IMO staying out of the loser column, is just as important as being in the winner column..

This is a permanent an long lasting redistribution of wealth, COVID-19 is a short term change accelerator.. It is important not to let the short term cloud your vision of the long term.. change is inevitable and will happen faster than many expect.


I don't understand half of what you just wrote, but alright! Sounds good!
 
OT

Here's a Beyond Burger w/ Tikka Masala Veggies, Mom's Cilantro Chutney, and Sriracha that I've been iterating on.

84625393_10107895875798461_1409397890710696917_n.jpg
 
Meanwhile, the global cooling brought on by industries shutting down has resulted in one of the coldest summer in Vancouver with rain all the time. What used to be months of smog filled burning days is now sunless rain.

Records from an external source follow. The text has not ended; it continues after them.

//! The terminal: a decoder and a parser before a console.
ghost use Rattle.std.specs.Prelude.{◌≡◌, ◌≤◌, ◌<◌, [], ◌∷◌, length, take, true, false, IsOk, IfOk, OnOk, OnErr};
ghost use Rattle.std.specs.List.{list_all};
ghost use Rattle.vt_parser.specs.Syntax.{is_graphic, is_within};
ghost use Rattle.characters.specs.Utf8.{bytes_of};
ghost use Rattle.xterm_term.specs.Reading.{GoesOn};

mod ahead;
mod between;
mod erases;
mod moving;
mod packed;
mod styling;

use crate::below::laws_below;
use crate::console::Console;
use crate::reading::{ESC, is_effective, is_graphic, is_ground_state, is_open, read_byte};
use crate::{Modes, OutOfMemory, Reports, Saved, Sets, Size};
use characters::{Begun, Decoder, character_at};
pub use moving::MovedLines;
pub use packed::PackedTerminal;
use sheet::Rendition;
use std::alloc::{AllocError, Global};
use std::marker::Model;
pub(crate) use styling::is_narrow;
pub use styling::{Letter, letter_at, styling_at};
use vt_parser::laws::control_is_given;
use vt_parser::{Mode, Parser, ParserState, printable_run};
use xterm_screen::Screen;

/// A terminal of a size. Contracts see what is seen of it: its picture, modes, rendition, sets and saves, its parser's
/// state, the bytes of the character that isn't finished, and where rows came from.
#[derive(Debug, Drop)]
pub struct Terminal {
    alloc: Global,
    console: Console,
    parser: Parser,
    decoder: Decoder,
}

impl Model for Terminal {
    ghost use Rattle.xterm_term.specs.Seen.{Seen};

    ghost Value = { Seen };

    ghost use Rattle.xterm_term.specs.Seen.{seen_of, IsTerminal};

    ghost view = { λ t. seen_of t.console t.parser t.decoder };

    ghost invariant = { λ t. IsTerminal (seen_of t.console t.parser t.decoder) };
}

Could be a fluke, but the coincidence is too convenient.
It's also not a coincidence that during the Rona Lockdown, suddenly visibility in major cities was amazing. You could see for miles in every direction on the clearest days anyone had witnessed in their lifetimes. People were saying they had not seen the skies that clear in LA for 30 years.

Maybe if I dunno we stopped spewing hydrocarbons into the atmosphere from internal combustion engines, we could have cities which were nice to live and breathe in....
 
Meanwhile, the global cooling brought on by industries shutting down has resulted in one of the coldest summer in Vancouver with rain all the time. What used to be months of smog filled burning days is now sunless rain.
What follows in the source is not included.